In the above-described embodiment, the intake path and the circulation path are provided in the upper part of the dryer. In addition, for example, a circulation path is provided in the upper part of the dryer, and the intake path is formed on the circulation path. Needless to say, this may be done.

<Effects of the Invention> As described above, according to the present invention, the wind speed in the processing tank can be improved, and the wind speed and temperature distribution can be significantly improved, so that the space in the processing tank can be effectively used by about 100%. ,
It is possible to provide a dryer having a high processing efficiency, which is suitable for the binder removal processing of the ceramic molded body.

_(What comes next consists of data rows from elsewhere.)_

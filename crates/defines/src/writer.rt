// The writer of both defines: the size is counted first, since refusal 18 leaves all as found; then each byte is stored
// once, in one pass over the table.
ghost use Rattle.std.specs.Prelude.{◌≡◌, true, [], ◌∷◌, ◌++◌, ◌+◌, ◌≤◌, ◌<◌, length, leb};
ghost use Rattle.words.specs.Lists.{up_to, concat_map};
ghost use Rattle.words.specs.Putting.{Puts};
ghost use Rattle.task.specs.Layout.{head_in};
ghost use Rattle.task.specs.Table.{task_of, is_table};
ghost use Rattle.text.specs.Lines.{bytes, newline};
ghost use Rattle.defines.specs.Pddl.{domain_text, problem_text, pddl};
ghost use Rattle.defines.specs.ByWords.{marked, formula, predicate_in};

use crate::LONGEST_PDDL;
use crate::actions::{frames_size, put_actions};
use crate::atoms::{items_size, put_run};
use crate::names::{OBJECT, PARAMETER, below_size, put_numbered};
use crate::pairs::{needs_size, pairs_size, put_needs};
use crate::reached::Reached;
use task::layout::arity_of;
use task::limits::{GOAL, INITIAL, OBJECTS, PREDICATES};
use text::put::{number_size, put_byte, put_bytes, put_number};
use words::runs::{wide, word, word_at};

// "`(p0 ?x0)`": a predicate with as many parameters as its arity says.
fn put_predicate(text: &mut [u8], at: usize, p: u16, arity: u16) -> usize
    requires { at + length (formula (bytes " ?x") p (up_to arity)) ≤ length text.old }
    ensures { Puts text.old at (formula (bytes " ?x") p (up_to arity)) text.new result }
{
    let at_number = put_bytes(text, at, b" (p");
    let at_parameters = put_number(text, at_number, p);
    let at_end = put_numbered(text, at_parameters, &PARAMETER, 0, arity);
    put_byte(text, at_end, b')')
}

fn put_predicates(text: &mut [u8], at: usize, table: &[u16]) -> usize
    requires table_value { is_table table.now ≡ true }
    requires table_in_bounds { at + length (concat_map (predicate_in table.now) (up_to (head_in table.now).predicates)) ≤
        length text.old }
    ensures { Puts text.old at
        (concat_map (predicate_in table.now) (up_to (head_in table.now).predicates))
        text.new result }
{
    let predicates = word_at(table, PREDICATES);
    let mut next = at;
    for p in 0..predicates {
        next = put_predicate(text, next, p, arity_of(table, wide(p)) as u16);
    }
    next
}

// "`(define (domain d) (:predicates (p0 ?x0) ..) (:action ..) ..)`", and byte 10; what pairs require stands before the
// predicates.
fn put_domain(text: &mut [u8], table: &[u16]) -> Reached
    requires table_value { is_table table.now ≡ true }
    requires newline_in_bounds { length (domain_text (task_of table.now) ++ (newline ∷ [])) ≤ length text.old }
    ensures atom_value { result.to ≡ (head_in table.now).schema_atoms }
    ensures puts { Puts text.old 0 (domain_text (task_of table.now) ++ (newline ∷ []))
        text.new result.at }
{
    let at_needs = put_bytes(text, 0, b"(define (domain d)");
    let at_key = put_needs(text, at_needs, table);
    let at_predicates = put_bytes(text, at_key, b" (:predicates");
    let at_bracket = put_predicates(text, at_predicates, table);
    let at_actions = put_byte(text, at_bracket, b')');
    let facts = put_actions(text, at_actions, table);
    let behind = put_bytes(text, facts.at, b")\n");
    Reached {
        at: behind,
        to: facts.to,
    }
}

// "`(define (problem q) (:domain d) (:objects o0 ..) (:init ..) (:goal (and ..)))`", and byte 10. The initial atoms
// begin at `from`, and the goal's stand behind them.
fn put_problem(text: &mut [u8], at: usize, table: &[u16], from: usize) -> usize
    requires table_value { is_table table.now ≡ true }
    requires from_value { from ≡ (head_in table.now).schema_atoms }
    requires newline_in_bounds { at + length (problem_text (task_of table.now) ++ (newline ∷ [])) ≤ length text.old }
    ensures { Puts text.old at (problem_text (task_of table.now) ++ (newline ∷ []))
        text.new result }
{
    let objects = word_at(table, OBJECTS);
    let at_objects = put_bytes(text, at, b"(define (problem q) (:domain d) (:objects");
    let at_initial = put_numbered(text, at_objects, &OBJECT, 0, objects);
    let at_first = put_bytes(text, at_initial, b") (:init");
    let goals = put_run(text, at_first, table, 0, INITIAL, from);
    let at_goals = put_bytes(text, goals.at, b") (:goal (and");
    let end = put_run(text, at_goals, table, 0, GOAL, goals.to);
    put_bytes(text, end.at, b")))\n")
}

pub fn put_pddl(text: &mut [u8], table: &[u16]) -> usize
    requires table_value { is_table table.now ≡ true }
    requires table_in_bounds { length (pddl (task_of table.now)) ≤ length text.old }
    ensures { Puts text.old 0 (pddl (task_of table.now)) text.new result }
{
    let problem = put_domain(text, table);
    put_problem(text, problem.at, table, problem.to)
}

// The bytes that a predicate takes.
fn predicate_size(table: &[u16], p: u16) -> usize
    requires table_value { is_table table.now ≡ true }
    requires p_bound { p < (head_in table.now).predicates }
    ensures { result ≡ length (predicate_in table.now p) }
{
    let arity = arity_of(table, wide(p));
    b" (p".len() + number_size(p) + PARAMETER.len() * arity + below_size(arity) + 1
}

fn predicates_size(table: &[u16]) -> usize
    requires { is_table table.now ≡ true }
    ensures { result ≡
        length (concat_map (predicate_in table.now) (up_to (head_in table.now).predicates)) }
{
    let predicates = word_at(table, PREDICATES);
    (0..predicates).map(|p| predicate_size(table, p)).sum()
}

// The bytes that objects take.
fn objects_size(table: &[u16]) -> usize
    requires { is_table table.now ≡ true }
    ensures { result ≡ length (marked (bytes " o") (up_to (head_in table.now).objects)) }
{
    let objects = word(table, OBJECTS);
    OBJECT.len() * objects + below_size(objects)
}

fn pddl_size(table: &[u16]) -> usize
    requires { is_table table.now ≡ true }
    ensures { result ≡ length (pddl (task_of table.now)) }
{
    let fixed = b"(define (domain d) (:predicates".len()
        + b"))\n".len()
        + b"(define (problem q) (:domain d) (:objects".len()
        + b") (:init".len()
        + b") (:goal (and".len()
        + b")))\n".len();
    fixed
        + predicates_size(table)
        + frames_size(table)
        + objects_size(table)
        + items_size(table)
        + needs_size(table)
        + pairs_size(table)
}

// Whether the text of a table's task is no longer than the lent bytes. No count is needed for bytes that hold any text.
pub fn has_room(table: &[u16], bytes: usize) -> bool
    requires { is_table table.now ≡ true }
    ensures { result ≡ leb (length (pddl (task_of table.now))) bytes }
{
    if LONGEST_PDDL <= bytes {
        return true;
    }
    pddl_size(table) <= bytes
}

[Brief description of the drawings]

FIG. 1 is a perspective view of the dryer of the embodiment, FIG. 2 is a front view of the dryer, FIG. 3 is an explanatory view showing the flow of air in the dryer, and FIGS. 4 (A) and (B) are conventional figures. It is explanatory drawing of the structure of the dryer of FIG. 1 ... intake path, 2 ... circulation path, 3,17 ... treatment tank, 4,
6 ... perforated plate, 5 ... heater, 7 ... circulation fan, 8 ...
… Exhaust path, 11,19 …… Exhaust fan.

Claims (1)

(57) [Claims] 1. An air intake path which is heated by a heater and sent to a processing tank, and a circulation path for forcibly circulating air in the processing tank by a circulation fan are provided as independent paths. A dryer provided with a rectifying plate on a side thereof, wherein the external air heated by the heater and the air in the circulation path are rectified by the rectifying plate and flow into the processing tank.